— PROBLEM TO SOLVE —
Where a line holds the word "model", count it, then give only the total for the entries below.

— DATA TO USE —
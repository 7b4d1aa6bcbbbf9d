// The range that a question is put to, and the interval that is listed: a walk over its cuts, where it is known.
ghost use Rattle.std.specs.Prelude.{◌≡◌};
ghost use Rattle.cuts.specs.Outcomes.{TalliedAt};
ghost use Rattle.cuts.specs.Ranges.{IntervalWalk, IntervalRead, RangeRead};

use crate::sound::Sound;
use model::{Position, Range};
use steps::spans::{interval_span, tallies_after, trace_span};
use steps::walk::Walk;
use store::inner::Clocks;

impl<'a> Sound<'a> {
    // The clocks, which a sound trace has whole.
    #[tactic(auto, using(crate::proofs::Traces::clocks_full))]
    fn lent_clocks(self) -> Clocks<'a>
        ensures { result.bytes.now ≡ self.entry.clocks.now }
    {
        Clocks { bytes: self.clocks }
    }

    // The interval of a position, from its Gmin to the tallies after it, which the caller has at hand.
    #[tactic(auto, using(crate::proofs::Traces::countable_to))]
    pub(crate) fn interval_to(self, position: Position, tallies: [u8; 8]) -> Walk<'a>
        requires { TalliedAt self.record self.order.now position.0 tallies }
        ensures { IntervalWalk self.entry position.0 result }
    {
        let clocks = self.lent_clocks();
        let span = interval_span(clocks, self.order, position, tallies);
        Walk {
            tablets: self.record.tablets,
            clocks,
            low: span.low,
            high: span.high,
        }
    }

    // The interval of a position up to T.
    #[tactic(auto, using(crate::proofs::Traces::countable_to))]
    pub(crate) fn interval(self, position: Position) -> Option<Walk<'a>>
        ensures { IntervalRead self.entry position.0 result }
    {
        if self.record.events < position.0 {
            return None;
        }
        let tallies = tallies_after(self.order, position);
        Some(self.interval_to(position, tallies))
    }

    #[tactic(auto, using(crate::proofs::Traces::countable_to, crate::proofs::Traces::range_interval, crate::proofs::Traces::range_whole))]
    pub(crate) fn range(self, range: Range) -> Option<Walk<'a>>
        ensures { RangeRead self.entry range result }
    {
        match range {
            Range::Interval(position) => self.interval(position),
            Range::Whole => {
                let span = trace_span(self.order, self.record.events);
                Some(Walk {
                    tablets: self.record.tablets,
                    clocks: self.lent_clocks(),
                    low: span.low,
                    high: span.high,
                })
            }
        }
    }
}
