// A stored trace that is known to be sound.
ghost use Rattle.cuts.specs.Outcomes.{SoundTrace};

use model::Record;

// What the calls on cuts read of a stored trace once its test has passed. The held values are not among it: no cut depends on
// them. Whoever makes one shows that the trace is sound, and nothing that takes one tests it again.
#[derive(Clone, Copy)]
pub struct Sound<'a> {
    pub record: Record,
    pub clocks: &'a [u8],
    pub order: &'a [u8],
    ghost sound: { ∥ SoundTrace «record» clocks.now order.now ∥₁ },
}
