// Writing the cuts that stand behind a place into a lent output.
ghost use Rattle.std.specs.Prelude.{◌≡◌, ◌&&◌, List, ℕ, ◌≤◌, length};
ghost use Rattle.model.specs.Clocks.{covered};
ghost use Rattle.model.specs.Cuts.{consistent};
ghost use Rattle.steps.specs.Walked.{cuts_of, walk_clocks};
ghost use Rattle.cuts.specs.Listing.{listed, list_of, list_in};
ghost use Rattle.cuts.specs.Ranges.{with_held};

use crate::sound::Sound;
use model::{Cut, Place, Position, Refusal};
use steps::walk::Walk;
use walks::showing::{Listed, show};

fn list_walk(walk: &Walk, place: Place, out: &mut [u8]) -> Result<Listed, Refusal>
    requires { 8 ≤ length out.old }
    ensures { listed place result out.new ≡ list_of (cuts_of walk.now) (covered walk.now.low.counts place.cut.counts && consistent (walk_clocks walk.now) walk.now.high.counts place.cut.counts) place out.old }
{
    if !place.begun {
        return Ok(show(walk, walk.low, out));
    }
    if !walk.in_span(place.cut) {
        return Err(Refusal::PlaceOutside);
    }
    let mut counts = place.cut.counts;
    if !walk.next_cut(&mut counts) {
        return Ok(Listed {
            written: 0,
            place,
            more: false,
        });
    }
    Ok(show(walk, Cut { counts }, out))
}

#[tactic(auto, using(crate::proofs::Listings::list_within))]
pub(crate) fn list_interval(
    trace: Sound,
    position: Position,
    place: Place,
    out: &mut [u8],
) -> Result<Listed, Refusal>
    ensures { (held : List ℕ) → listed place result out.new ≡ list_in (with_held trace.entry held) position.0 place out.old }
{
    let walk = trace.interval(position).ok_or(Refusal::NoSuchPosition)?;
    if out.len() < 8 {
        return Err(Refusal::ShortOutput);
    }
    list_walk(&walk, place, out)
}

— OUTPUT FOR THIS EXERCISE —
5